TRY IT → Report each line of the entries that contains the word "source", copied in full.

- Opening Delimiter -

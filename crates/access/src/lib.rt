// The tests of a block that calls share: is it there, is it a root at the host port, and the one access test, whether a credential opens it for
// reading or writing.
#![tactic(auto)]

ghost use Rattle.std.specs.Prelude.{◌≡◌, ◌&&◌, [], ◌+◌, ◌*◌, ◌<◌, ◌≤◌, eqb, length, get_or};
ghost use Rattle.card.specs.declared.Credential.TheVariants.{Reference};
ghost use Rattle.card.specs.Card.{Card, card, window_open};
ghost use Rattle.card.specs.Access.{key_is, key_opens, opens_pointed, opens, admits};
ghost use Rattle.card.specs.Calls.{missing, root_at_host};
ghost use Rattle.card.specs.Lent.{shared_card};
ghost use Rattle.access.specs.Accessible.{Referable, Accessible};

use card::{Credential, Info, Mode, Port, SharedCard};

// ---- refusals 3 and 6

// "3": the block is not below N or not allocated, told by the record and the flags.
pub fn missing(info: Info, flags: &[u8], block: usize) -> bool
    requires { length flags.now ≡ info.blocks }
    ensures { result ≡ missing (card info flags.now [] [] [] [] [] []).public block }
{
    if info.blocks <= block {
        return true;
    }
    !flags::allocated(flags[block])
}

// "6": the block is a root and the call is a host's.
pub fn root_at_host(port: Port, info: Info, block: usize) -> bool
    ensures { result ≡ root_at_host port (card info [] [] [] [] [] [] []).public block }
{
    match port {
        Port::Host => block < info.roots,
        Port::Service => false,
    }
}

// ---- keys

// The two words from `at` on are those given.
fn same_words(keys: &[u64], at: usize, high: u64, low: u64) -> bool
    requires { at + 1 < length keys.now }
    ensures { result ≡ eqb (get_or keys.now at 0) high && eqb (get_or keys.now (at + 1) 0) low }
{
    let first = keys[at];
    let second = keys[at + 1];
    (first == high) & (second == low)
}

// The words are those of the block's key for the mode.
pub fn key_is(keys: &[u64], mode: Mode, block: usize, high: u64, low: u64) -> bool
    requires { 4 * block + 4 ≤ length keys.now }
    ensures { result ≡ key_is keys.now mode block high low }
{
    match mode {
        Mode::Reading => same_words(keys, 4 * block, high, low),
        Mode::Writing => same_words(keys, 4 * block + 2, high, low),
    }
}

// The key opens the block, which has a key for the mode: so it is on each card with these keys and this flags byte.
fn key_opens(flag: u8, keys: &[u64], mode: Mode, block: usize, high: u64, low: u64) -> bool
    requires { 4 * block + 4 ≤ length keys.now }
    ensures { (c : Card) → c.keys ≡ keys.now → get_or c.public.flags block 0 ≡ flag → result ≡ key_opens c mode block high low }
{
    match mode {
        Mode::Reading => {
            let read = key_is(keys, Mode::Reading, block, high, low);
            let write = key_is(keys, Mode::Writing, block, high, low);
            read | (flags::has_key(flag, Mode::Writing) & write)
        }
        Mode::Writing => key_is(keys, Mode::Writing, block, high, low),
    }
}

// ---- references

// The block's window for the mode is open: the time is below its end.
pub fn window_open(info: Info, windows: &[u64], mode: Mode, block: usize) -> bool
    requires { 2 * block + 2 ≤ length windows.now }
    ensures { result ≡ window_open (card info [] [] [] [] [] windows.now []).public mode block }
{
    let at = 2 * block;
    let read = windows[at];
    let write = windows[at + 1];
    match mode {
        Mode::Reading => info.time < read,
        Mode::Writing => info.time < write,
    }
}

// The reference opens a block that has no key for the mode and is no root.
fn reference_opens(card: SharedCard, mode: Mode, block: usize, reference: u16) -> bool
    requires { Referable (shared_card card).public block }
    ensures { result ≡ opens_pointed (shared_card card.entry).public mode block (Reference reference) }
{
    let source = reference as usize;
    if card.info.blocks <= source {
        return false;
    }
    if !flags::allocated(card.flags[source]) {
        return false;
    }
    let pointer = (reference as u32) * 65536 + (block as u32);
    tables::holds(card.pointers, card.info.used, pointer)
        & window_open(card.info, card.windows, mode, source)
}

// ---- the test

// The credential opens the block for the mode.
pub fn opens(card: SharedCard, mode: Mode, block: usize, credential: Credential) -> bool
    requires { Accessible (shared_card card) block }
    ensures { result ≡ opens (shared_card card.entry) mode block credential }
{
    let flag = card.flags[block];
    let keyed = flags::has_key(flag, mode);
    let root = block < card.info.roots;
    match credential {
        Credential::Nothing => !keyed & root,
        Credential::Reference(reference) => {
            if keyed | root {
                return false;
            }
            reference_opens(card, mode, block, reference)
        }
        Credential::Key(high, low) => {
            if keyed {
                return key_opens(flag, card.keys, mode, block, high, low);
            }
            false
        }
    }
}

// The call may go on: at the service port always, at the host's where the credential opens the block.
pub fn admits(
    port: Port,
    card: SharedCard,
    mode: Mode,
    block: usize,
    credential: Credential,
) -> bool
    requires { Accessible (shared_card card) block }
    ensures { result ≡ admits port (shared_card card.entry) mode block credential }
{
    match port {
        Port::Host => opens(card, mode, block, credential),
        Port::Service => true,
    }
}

- Closing Delimiter -

YOUR SOLUTION →
    let source = reference as usize;
    if card.info.blocks <= source {
    if !flags::allocated(card.flags[source]) {
        & window_open(card.info, card.windows, mode, source)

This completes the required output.